3.7 Assessment of Methodological Quality
All studies were assessed against the CASP tool (Table 2) against criteria aimed at evaluating the quality and reliability of the research. The assessment of the 11 qualitative research studies indicated consistently high quality. The “strong” results were achieved by having a score of between eight and ten “yes” scores, respectively. All 11 studies were strong across all criteria of the CASP tool. Ten of the included studies scored 10 (de Jager et al. 2016; Gray and Deane 2016; Hargreaves et al. 2017; Lee et al. 2020; Ngubane et al. 2019; Nowak et al. 2017; Peter and Jungbauer 2018; Sunskis et al. 2017; Tuffour 2020; Williams et al. 2018), with one scoring nine (Sangeorzan et al. 2019).
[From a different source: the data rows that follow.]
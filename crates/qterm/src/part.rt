//! A part of a store: nodes that stores share and that don't change any more.
ghost use Rattle.std.specs.Prelude.{◌≡◌, ◌<◌, length, IfOk, IfErr, MatchOption};
ghost use Rattle.qterm.specs.Place.{IsAt, IsAbsent};

use crate::name::Sort;
use crate::term::Term;
use indexmap::IndexSet;
use std::alloc::{AllocError, AllocFailed, Global};
use std::marker::Model;
use std::sync::Arc;

/// A term of a store with its sort.
#[derive(Debug, Clone, PartialEq, Eq, Hash, Drop)]
pub(crate) struct Node {
    pub(crate) term: Term,
    pub(crate) sort: Sort,
}

/// Nodes that stores share, which contracts see as a list. A node is found by its hash.
#[derive(Drop)]
pub(crate) struct Part {
    nodes: Arc<IndexSet<Node>, Global>,
}

impl Model for Part {
    ghost use Rattle.std.specs.Prelude.{List};
    ghost use Rattle.qterm.specs.declared.part.Node.{Node};

    ghost Value = { List Node };

    ghost view = { λ p. p.nodes.value.keys };
}

impl Part {
    /// A part with these nodes, which come back where there is no memory.
    pub(crate) fn new(nodes: IndexSet<Node>) -> Result<Part, AllocFailed<IndexSet<Node>>>
        ensures ok { IfOk result (λ p. p ≡ nodes.keys) }
        ensures err { IfErr result (λ y. y.value.keys ≡ nodes.keys) }
    {
        let alloc = *nodes.allocator();
        match Arc::new(alloc, nodes) {
            Ok(nodes) => Ok(Part { nodes }),
            Err(failed) => Err(failed),
        }
    }

    /// The nodes in a set of their own.
    pub(crate) fn copied(&self) -> Result<IndexSet<Node>, AllocError>
        ensures { IfOk result (λ s. s.keys ≡ self.now) }
    {
        copied(&self.nodes)
    }

    /// The nodes in order.
    pub(crate) fn nodes(&self) -> &[Node]
        ensures { result.now ≡ self.now }
    {
        self.nodes.as_slice()
    }

    /// The place of a node.
    pub(crate) fn find(&self, node: &Node) -> Option<usize>
        ensures { MatchOption result (IsAbsent self.now node.now) (λ at. IsAt self.now node.now at) }
    {
        find(&self.nodes, node)
    }
}

impl Clone for Part {
    ghost is_clone = { λ p c. c ≡ p };

    fn clone(&self) -> Result<Part, AllocError> {
        Ok(Part {
            nodes: Arc::try_clone(&self.nodes)?,
        })
    }
}

/// The place of a node in a set.
pub(crate) fn find(nodes: &IndexSet<Node>, node: &Node) -> Option<usize>
    ensures { MatchOption result (IsAbsent nodes.now.keys node.now) (λ at. IsAt nodes.now.keys node.now at) }
{
    match nodes.get_index_of(node) {
        Some(at) => Some(at),
        None => None,
    }
}

/// The same nodes in a set of their own.
pub(crate) fn copied(nodes: &IndexSet<Node>) -> Result<IndexSet<Node>, AllocError>
    ensures { IfOk result (λ s. s.keys ≡ nodes.now.keys) }
{
    nodes.clone()
}
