// The C interface: a static library whose functions are those of the crate `agal_c`, with the same promises: two crates, since no crate
// can call or cite a static library. A slice is a pointer and a
// length in C; `include/agal.h` declares the functions, and says what a caller hands over.
#![tactic(auto)]

ghost use Rattle.std.specs.Prelude.{◌≡◌};
ghost use Rattle.bytecode.specs.Bias.{IsBias};
ghost use Rattle.bytecode.specs.Decode.{decode_of};
ghost use Rattle.reader.specs.Reading.{read_of};
ghost use Rattle.verifier.specs.Verdict.{verdict};
ghost use Rattle.listing.specs.Printing.{print_answer, after_print};
ghost use Rattle.report.specs.Text.{text_of};
ghost use Rattle.agal_c.specs.Calls.{check_answer, delivery_answer, delivered, encode_answer, after_flat_encode, printed_answer, line_answer_of, after_flat_line};

use agal_c::answers::Answer;

// Judges a program under an edition: its stage and token count, or the first fault.
#[unsafe(no_mangle)]
pub extern "C" fn agal_check(edition: u32, program: &[u8]) -> Answer
    ensures { result ≡ check_answer (verdict edition program.now) }
{
    agal_c::agal_check(edition, program)
}

// Decodes a token into its flat form, of 29 bytes. A fault of the token comes before 23.
#[unsafe(no_mangle)]
pub extern "C" fn agal_decode(token: &[u8], flat: &mut [u8]) -> Answer
    ensures value { result ≡ delivery_answer 0 29 (decode_of token.now) flat.old }
    ensures flat_after { flat.new ≡ delivered (decode_of token.now) flat.old }
{
    agal_c::agal_decode(token, flat)
}

// The step of a reader that has read `place` tokens: the flat form of the next, and the place after it.
#[unsafe(no_mangle)]
pub extern "C" fn agal_read(program: &[u8], place: usize, flat: &mut [u8]) -> Answer
    ensures value { result ≡ delivery_answer place 1 (read_of program.now place) flat.old }
    ensures flat_after { flat.new ≡ delivered (read_of program.now place) flat.old }
{
    agal_c::agal_read(program, place, flat)
}

// Encodes a flat form into 24 bytes. What is no flat form is 25, as a record that is not encodable is.
#[unsafe(no_mangle)]
pub extern "C" fn agal_encode(flat: &[u8], out: &mut [u8]) -> Answer
    ensures value { result ≡ encode_answer flat.now out.old }
    ensures out_after { out.new ≡ after_flat_encode flat.now out.old }
{
    agal_c::agal_encode(flat, out)
}

// The listing line of a flat form, and its length. Numbers that are no byte are no stage and no depth.
#[unsafe(no_mangle)]
pub extern "C" fn agal_line(flat: &[u8], stage: u32, depth: u32, out: &mut [u8]) -> Answer
    ensures value { result ≡ line_answer_of flat.now stage depth out.old }
    ensures out_after { out.new ≡ after_flat_line flat.now stage depth out.old }
{
    agal_c::agal_line(flat, stage, depth, out)
}

// The whole text that agallist prints for an edition digit and a program, and its length.
#[unsafe(no_mangle)]
pub extern "C" fn agal_report(input: &[u8], out: &mut [u8]) -> Answer
    ensures value { result ≡ printed_answer (print_answer (text_of input.now) out.old) }
    ensures out_after { out.new ≡ after_print (text_of input.now) out.old }
{
    agal_c::agal_report(input, out)
}

// The bias of a sampler whose record has this signed byte, as a float. Nothing else of the sampler counts.
#[unsafe(no_mangle)]
pub extern "C" fn agal_bias(bias: i8) -> f32
    ensures { IsBias bias result }
{
    agal_c::agal_bias(bias)
}
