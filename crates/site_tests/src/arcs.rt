//! The candidate arcs of a small site.

use candidate_cables::Arcs;
use sample_sites::site_of;
use std::test::Fail;

/// A substation and two turbines.
const TWO_TURBINES: &str =
    "site 1\nmode tree\ntype 400 1\nsubstation S 0 0 4 10000\nturbine A 0 1000 100\nturbine B -300 1400 100\nend site\n";

#[test]
fn the_arcs_of_a_small_site(rt: HostRuntime) -> Result<(), Fail> {
    let alloc = rt.alloc();
    let site = site_of(alloc, TWO_TURBINES)?;
    let arcs = Arcs::new(alloc, &site)?;
    assert!(&rt; arcs.len() == 4);
    assert!(&rt; arcs.get(0).length == 1000);
    assert!(&rt; arcs.out_of(2) == (2, 4));
    assert!(&rt; arcs.number(2, 0) == Some(2));
    assert!(&rt; arcs.number(0, 2) == None);
    assert_eq!(rt; Arcs::into(&arcs, 0), [0, 2].as_slice());
    assert!(&rt; arcs.incompatible(&site, 0, 1));
    assert!(&rt; !arcs.incompatible(&site, 0, 2));
    Ok(())
}
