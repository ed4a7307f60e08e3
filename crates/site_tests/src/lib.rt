//! Tests of places, sites and layouts, a module a crate.
#![tactic(auto)]

#[cfg(test)]
mod arcs;
#[cfg(test)]
mod crossings;
#[cfg(test)]
mod drills;
#[cfg(test)]
mod layouts;
#[cfg(test)]
mod lines;
#[cfg(test)]
mod places;
#[cfg(test)]
mod reports;
#[cfg(test)]
mod sites_in_json;
#[cfg(test)]
mod sites_in_lines;
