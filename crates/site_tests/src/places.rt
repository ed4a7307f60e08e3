//! Segments with common points, and places round a polygon.

use plane_geometry::{Place, clash, meets, outside};

/// `parts * from + share * (to - from)`, for small numbers.
fn at_share(from: i64, to: i64, parts: i64, share: i64) -> i64 {
    parts
        .wrapping_mul(from)
        .wrapping_add(share.wrapping_mul(to.wrapping_sub(from)))
}

/// Whether a place so many parts on the way is one of two ends.
fn is_end(x: i64, y: i64, parts: i64, a: Place, b: Place) -> bool {
    let first = x == parts.wrapping_mul(a.x) && y == parts.wrapping_mul(a.y);
    let second = x == parts.wrapping_mul(b.x) && y == parts.wrapping_mul(b.y);
    first || second
}

/// Whether the second segment has the place too that lies `s` of `parts` on the way along the first; and whether
/// that place isn't an end of both.
fn shares(a: Place, b: Place, c: Place, d: Place, parts: i64, s: i64) -> (bool, bool) {
    let x = at_share(a.x, b.x, parts, s);
    let y = at_share(a.y, b.y, parts, s);
    for t in 0..19i64 {
        if t <= parts && at_share(c.x, d.x, parts, t) == x && at_share(c.y, d.y, parts, t) == y {
            let both = is_end(x, y, parts, a, b) && is_end(x, y, parts, c, d);
            return (true, !both);
        }
    }
    (false, false)
}

/// Whether segments on a grid of 4 by 4 meet and clash, by trying every share with up to 18 parts: no two ways
/// on that grid span an area above 18.
fn by_search(a: Place, b: Place, c: Place, d: Place) -> (bool, bool) {
    let mut found = (false, false);
    for parts in 1..19i64 {
        for s in 0..19i64 {
            if s <= parts {
                let (met, clashed) = shares(a, b, c, d, parts, s);
                found = (found.0 || met, found.1 || clashed);
            }
        }
    }
    found
}

/// A place near the origin.
fn place(x: i8, y: i8) -> Place {
    Place {
        x: i64::from(x),
        y: i64::from(y),
    }
}

/// A place of the grid of 4 by 4, by its number.
fn grid_place(number: u8) -> Place {
    Place {
        x: i64::from(number % 4),
        y: i64::from(number / 4),
    }
}

#[test]
fn agrees_with_a_search_on_all_small_segments(rt: HostRuntime) {
    for a in 0..16u8 {
        for b in 0..16u8 {
            for c in 0..16u8 {
                for d in 0..16u8 {
                    let (p, q) = (grid_place(a), grid_place(b));
                    let (r, s) = (grid_place(c), grid_place(d));
                    let (met, clashed) = by_search(p, q, r, s);
                    assert_eq!(rt; meets(p, q, r, s), met, "{a} {b} {c} {d}");
                    assert_eq!(rt; clash(p, q, r, s), clashed, "{a} {b} {c} {d}");
                }
            }
        }
    }
}

#[test]
fn places_round_a_notched_square(rt: HostRuntime) {
    let corners = [
        place(0, 0),
        place(4, 0),
        place(4, 4),
        place(2, 2),
        place(0, 4),
    ];
    for (x, y, is_outside) in [
        (1, 1, false),
        (2, 2, false),
        (2, 3, true),
        (4, 2, false),
        (0, 4, false),
        (3, 3, false),
        (5, 2, true),
        (-1, 0, true),
        (2, 4, true),
    ] {
        assert_eq!(rt; outside(place(x, y), &corners), is_outside, "{x} {y}");
    }
}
There was one study that did not meet the criteria- “relationships between researcher and respondents”- but this was expected as the data collected by Sangeorzan et al. (2019) was limited as regards depth of content by the inability to ask follow- up questions. The study aimed to investigate the experiences of respondents with self-identified SMIs (Serious Mental Illness) who video log about their SMI on YouTube. CASP qualitative information regarding how those with schizophrenia experience the process of recovery making their findings meaningful in this context and purposeful as reliable and well formulated sources for analysis.